* Stored data entries
━━━━━━

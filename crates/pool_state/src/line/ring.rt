// Who stands in line, as links from slot to slot.

use super::links::Link;
use super::place::Standing;

/// Who stands in line: a ring that leads from the end to the first, from each to the one behind it,
/// and from the last to the end.
#[derive(Drop)]
pub struct Ring {
    /// By slot, and last the end: who stands behind it, and who before it.
    pub links: Vec<Link>,
    /// By slot: how the one who stands there does; None if nobody does.
    pub standings: Vec<Option<Standing>>,
    /// The end, which is the number of slots.
    pub end: u32,
    /// How many stand in line.
    pub len: u32,
}
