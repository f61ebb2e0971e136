// A bench read from a file (request N3): every test is made on the bytes (crate `snapshot_refusal`)
// before the first number is stored. Functions with a `requires` are internal.

#![tactic(auto)]

ghost use Rattle.std.specs.Prelude.{◌≡◌};
ghost use Rattle.model.specs.SiteMemory.{overwrite};
ghost use Rattle.snapshot_file.specs.Reading.{held_in};
ghost use Rattle.snapshot_header.specs.Header.{WholeFile};
ghost use Rattle.snapshot_file.specs.Calls.{LoadSays, load_answer};
ghost use Rattle.snapshot_loading.specs.Loading.{StoreAsks, DeskAsks};

use coordinator_numbers::coordinator_from;
use model::{Refusal, SITE_RECORDS, Settings, SiteRecord, Sites, VALUE_COUNT, Word};
use number_runs::{read_numbers, read_words};
use snapshot_decks::deck_record;
use snapshot_file::{DESK_PLACE, Loaded, deck_size, decks_place};
use snapshot_header::{desk_row, settings_in};
use snapshot_refusal::{messages_in, test_file};

// The record of a site that is started fresh.
const FRESH: SiteRecord = SiteRecord {
    arrivals: 0,
    pending: 0,
    threshold: 1,
    used: 0,
    dropped: 0,
};

// The records of the decks and their counts of messages; records k to 31 are fresh, their counts 0.
fn sites_in(settings: Settings, file: &[u8]) -> Sites
    requires { WholeFile settings file.now }
    ensures { result ≡ (held_in settings file.now).sites }
{
    let count = settings.sites as usize;
    let size = deck_size(settings);
    let first = decks_place(settings);
    let mut records = [FRESH; SITE_RECORDS];
    let mut counts = [0u64; SITE_RECORDS];
    for j in 0..count {
        records[j] = deck_record(settings, file, first + j * size);
        counts[j] = messages_in(settings, file, j);
    }
    Sites {
        records,
        messages: counts,
    }
}

// The decks' memory, one after another.
fn store_decks(settings: Settings, file: &[u8], memory: &mut [Word])
    requires { StoreAsks settings file.now memory.old }
    ensures { memory.new
        ≡ overwrite (held_in settings file.now).site_memory memory.old }
{
    let count = settings.sites as usize;
    let words = site_memory::site_words(settings);
    let size = deck_size(settings);
    let first = decks_place(settings);
    for j in 0..count {
        let start = j * words;
        let end = start + words;
        read_words(file, first + j * size, &mut memory[start..end]);
    }
}

// The coordinator's memory.
fn store_desk(settings: Settings, file: &[u8], memory: &mut [u64])
    requires { DeskAsks settings file.now memory.old }
    ensures { memory.new
        ≡ overwrite (held_in settings file.now).coordinator_memory memory.old }
{
    let words = (settings.universe as usize) + VALUE_COUNT;
    read_numbers(file, DESK_PLACE, &mut memory[..words]);
}

// Reads a bench from a file into lent memory, and hands back the file's settings and both records.
// What lies behind is left as it was. Refused, it changes nothing: 15, 16; 1, 2, 3; 15; 4; 11.
pub fn load_bench(
    file: &[u8],
    site_memory: &mut [Word],
    coordinator_memory: &mut [u64],
) -> Result<Loaded, Refusal>
    ensures { LoadSays file.now
        site_memory.old coordinator_memory.old
        site_memory.new coordinator_memory.new (load_answer result) }
{
    let tested = test_file(file, site_memory.len(), coordinator_memory.len());
    tested?;
    let settings = settings_in(file);
    store_decks(settings, file, site_memory);
    store_desk(settings, file, coordinator_memory);
    Ok(Loaded {
        settings,
        sites: sites_in(settings, file),
        coordinator: coordinator_from(&desk_row(settings, file)),
    })
}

━━━━━━

* Task to carry out
Your reply should be one number: how many lines in the entries above contain the word "model".

* Written response
2